§ **Aim of the task**
Show me every line in the listing that has the word "IsText".

§ **Task material**
══════════════════════════════

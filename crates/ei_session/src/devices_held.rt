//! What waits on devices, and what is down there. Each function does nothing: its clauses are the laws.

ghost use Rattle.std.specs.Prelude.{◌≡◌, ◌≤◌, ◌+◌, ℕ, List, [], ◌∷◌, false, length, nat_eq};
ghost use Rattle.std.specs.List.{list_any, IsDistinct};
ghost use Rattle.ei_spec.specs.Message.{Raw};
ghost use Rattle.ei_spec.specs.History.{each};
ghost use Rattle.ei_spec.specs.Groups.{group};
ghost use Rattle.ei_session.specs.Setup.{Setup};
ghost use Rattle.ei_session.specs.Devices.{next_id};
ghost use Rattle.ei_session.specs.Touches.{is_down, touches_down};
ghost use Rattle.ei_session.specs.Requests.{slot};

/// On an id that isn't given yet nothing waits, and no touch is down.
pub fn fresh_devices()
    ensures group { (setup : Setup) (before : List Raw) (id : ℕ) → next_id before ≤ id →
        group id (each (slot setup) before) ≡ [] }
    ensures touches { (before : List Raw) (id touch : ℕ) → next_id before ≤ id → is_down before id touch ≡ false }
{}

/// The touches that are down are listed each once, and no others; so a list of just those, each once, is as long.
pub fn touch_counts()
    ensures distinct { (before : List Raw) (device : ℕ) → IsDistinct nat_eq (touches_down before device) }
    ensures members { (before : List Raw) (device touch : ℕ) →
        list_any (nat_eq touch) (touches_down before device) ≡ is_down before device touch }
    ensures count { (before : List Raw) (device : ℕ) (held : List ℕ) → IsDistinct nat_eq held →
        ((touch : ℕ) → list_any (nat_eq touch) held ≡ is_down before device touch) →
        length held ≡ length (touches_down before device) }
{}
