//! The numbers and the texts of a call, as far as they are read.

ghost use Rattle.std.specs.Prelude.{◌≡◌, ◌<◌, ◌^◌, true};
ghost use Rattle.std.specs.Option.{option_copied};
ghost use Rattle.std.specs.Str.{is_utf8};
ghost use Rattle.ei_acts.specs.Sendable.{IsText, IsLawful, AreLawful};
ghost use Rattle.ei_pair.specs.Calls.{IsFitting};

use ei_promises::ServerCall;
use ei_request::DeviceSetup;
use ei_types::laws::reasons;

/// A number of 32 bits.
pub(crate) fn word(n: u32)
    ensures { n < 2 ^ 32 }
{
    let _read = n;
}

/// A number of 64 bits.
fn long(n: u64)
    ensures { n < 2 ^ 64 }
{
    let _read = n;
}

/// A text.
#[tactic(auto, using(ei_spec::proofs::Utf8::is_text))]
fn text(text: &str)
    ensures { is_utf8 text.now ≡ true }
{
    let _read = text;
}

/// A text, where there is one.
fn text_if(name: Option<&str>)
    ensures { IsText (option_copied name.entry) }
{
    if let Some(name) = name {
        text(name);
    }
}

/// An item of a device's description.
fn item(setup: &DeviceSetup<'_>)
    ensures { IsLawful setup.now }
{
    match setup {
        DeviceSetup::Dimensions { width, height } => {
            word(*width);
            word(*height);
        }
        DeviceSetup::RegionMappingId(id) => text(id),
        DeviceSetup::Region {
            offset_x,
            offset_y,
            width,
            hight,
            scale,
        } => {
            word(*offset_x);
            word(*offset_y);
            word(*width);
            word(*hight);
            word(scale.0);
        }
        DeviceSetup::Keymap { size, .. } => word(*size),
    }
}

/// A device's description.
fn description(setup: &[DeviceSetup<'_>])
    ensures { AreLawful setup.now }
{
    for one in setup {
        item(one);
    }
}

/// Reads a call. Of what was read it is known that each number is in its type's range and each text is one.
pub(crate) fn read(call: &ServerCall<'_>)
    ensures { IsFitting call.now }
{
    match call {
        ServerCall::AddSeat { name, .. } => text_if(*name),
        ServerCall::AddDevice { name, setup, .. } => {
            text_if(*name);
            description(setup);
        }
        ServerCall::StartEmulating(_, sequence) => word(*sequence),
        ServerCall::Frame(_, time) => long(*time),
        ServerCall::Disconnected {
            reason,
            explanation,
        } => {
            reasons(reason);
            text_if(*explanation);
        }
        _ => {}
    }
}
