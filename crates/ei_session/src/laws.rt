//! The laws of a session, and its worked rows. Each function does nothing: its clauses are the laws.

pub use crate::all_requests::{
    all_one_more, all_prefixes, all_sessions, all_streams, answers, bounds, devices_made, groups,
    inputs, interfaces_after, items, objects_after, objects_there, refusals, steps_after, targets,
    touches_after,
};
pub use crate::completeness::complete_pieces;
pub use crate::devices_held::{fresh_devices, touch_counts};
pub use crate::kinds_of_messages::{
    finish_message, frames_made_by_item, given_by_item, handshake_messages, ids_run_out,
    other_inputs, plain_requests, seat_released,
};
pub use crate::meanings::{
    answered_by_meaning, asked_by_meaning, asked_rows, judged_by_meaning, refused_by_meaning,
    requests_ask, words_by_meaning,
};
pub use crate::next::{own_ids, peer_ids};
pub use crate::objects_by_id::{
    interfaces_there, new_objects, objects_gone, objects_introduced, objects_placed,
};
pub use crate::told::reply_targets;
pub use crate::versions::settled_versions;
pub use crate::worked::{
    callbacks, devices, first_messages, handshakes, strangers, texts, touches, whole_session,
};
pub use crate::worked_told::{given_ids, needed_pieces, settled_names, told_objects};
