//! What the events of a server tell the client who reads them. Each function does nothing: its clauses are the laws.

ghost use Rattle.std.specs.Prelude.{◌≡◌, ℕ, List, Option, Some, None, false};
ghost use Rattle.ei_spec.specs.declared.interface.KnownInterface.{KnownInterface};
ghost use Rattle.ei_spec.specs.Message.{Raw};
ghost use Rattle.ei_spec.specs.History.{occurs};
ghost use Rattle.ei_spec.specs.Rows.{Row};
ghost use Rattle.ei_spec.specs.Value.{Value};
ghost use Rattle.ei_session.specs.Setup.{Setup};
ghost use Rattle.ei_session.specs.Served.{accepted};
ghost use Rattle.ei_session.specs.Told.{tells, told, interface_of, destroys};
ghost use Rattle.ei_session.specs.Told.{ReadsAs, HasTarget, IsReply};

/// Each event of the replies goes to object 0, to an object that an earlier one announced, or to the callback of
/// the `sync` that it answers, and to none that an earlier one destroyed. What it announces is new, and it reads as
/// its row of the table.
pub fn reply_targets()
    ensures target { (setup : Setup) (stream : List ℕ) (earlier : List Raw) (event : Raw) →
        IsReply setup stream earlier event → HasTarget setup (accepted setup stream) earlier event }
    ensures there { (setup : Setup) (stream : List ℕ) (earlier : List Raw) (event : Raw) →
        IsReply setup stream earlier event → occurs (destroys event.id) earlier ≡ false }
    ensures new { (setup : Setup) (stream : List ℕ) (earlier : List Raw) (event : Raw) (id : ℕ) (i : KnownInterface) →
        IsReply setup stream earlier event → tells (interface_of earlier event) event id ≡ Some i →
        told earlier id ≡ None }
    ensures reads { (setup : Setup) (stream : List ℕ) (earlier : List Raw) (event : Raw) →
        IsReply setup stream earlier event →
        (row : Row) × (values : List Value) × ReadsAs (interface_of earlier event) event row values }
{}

══════════════════════════════

§ **Output below**
ghost use Rattle.ei_acts.specs.Sendable.{IsText, IsLawful, AreLawful};
    ensures { IsText (option_copied name.entry) }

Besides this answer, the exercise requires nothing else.